Extracted records -

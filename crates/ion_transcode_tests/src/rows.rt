//! What the fields of a row are: bytes, checksums and verdicts.

use ion_meter::fault::{Fault, Reason};
use ion_test_support::fields::Fields;
use ion_transcode::to::{Form, Summary};
use percent_encoding::percent_decode;
use std::alloc::Global;
use std::process::Abort;

/// How many values a stream has, or why it is refused.
pub type Verdict = Result<u64, Fault>;

/// The bytes of the next field, in which `%` and two hexadecimal digits are a byte.
pub fn next_bytes(rt: &impl Abort, alloc: Global, fields: &mut Fields) -> Vec<u8> {
    let mut bytes = Vec::new(alloc);
    let field = fields.text().as_bytes();
    assert!(rt; percent_decode(field).append_to(&mut bytes).is_ok());
    bytes
}

/// The checksum in the next field, in hexadecimal.
pub fn next_checksum(rt: &impl Abort, fields: &mut Fields) -> u64 {
    match u64::from_str_radix(fields.text(), 16) {
        Ok(sum) => sum,
        Err(_) => panic!(rt; "no checksum"),
    }
}

/// The verdict in the next field: how many values, or a fault.
pub fn next_verdict(rt: &impl Abort, fields: &mut Fields) -> Verdict {
    let words = fields.text();
    match words.split_once(' ') {
        Some((name, place)) => Err(Fault::Refused(reason_of(rt, name), number_of(rt, place))),
        None if words == "InputLimit" => Err(Fault::InputLimit),
        None => Ok(number_of(rt, words)),
    }
}

/// A number in digits.
fn number_of(rt: &impl Abort, digits: &str) -> u64 {
    match digits.parse::<u64>() {
        Ok(number) => number,
        Err(_) => panic!(rt; "no number"),
    }
}

/// All reasons.
const REASONS: [Reason; 23] = [
    Reason::Truncated,
    Reason::BadDescriptor,
    Reason::BadVar,
    Reason::Overrun,
    Reason::BadVersion,
    Reason::BadAnnotation,
    Reason::BadNumber,
    Reason::BadTimestamp,
    Reason::Range,
    Reason::BadText,
    Reason::Float,
    Reason::BadToken,
    Reason::BadLob,
    Reason::DepthLimit,
    Reason::ScalarLimit,
    Reason::AnnotationLimit,
    Reason::BadSymbol,
    Reason::UnknownSymbol,
    Reason::BadTable,
    Reason::SymbolLimit,
    Reason::ValueLimit,
    Reason::SameForm,
    Reason::CatalogEntry,
];

/// The reason of a name.
fn reason_of(rt: &impl Abort, name: &str) -> Reason {
    for reason in REASONS {
        if reason.name() == name {
            return reason;
        }
    }
    panic!(rt; "no reason")
}

/// The form of a stream.
pub fn form_of(input: &[u8]) -> Form {
    if input.starts_with(b"\xE0") {
        Form::Binary
    } else {
        Form::Text
    }
}

/// What a run over a stream answers.
pub fn answer_of(input: &[u8], verdict: Verdict) -> Result<Summary, Fault> {
    match verdict {
        Ok(values) => Ok(Summary {
            form: form_of(input),
            values,
        }),
        Err(fault) => Err(fault),
    }
}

Your task - Repeat verbatim the opening run of entries, ending with the line that contains "use std::process::Abort;".

Written solution -
filename crates/ion_transcode_tests/src/rows.rt
//! What the fields of a row are: bytes, checksums and verdicts.

use ion_meter::fault::{Fault, Reason};
use ion_test_support::fields::Fields;
use ion_transcode::to::{Form, Summary};
use percent_encoding::percent_decode;
use std::alloc::Global;
use std::process::Abort;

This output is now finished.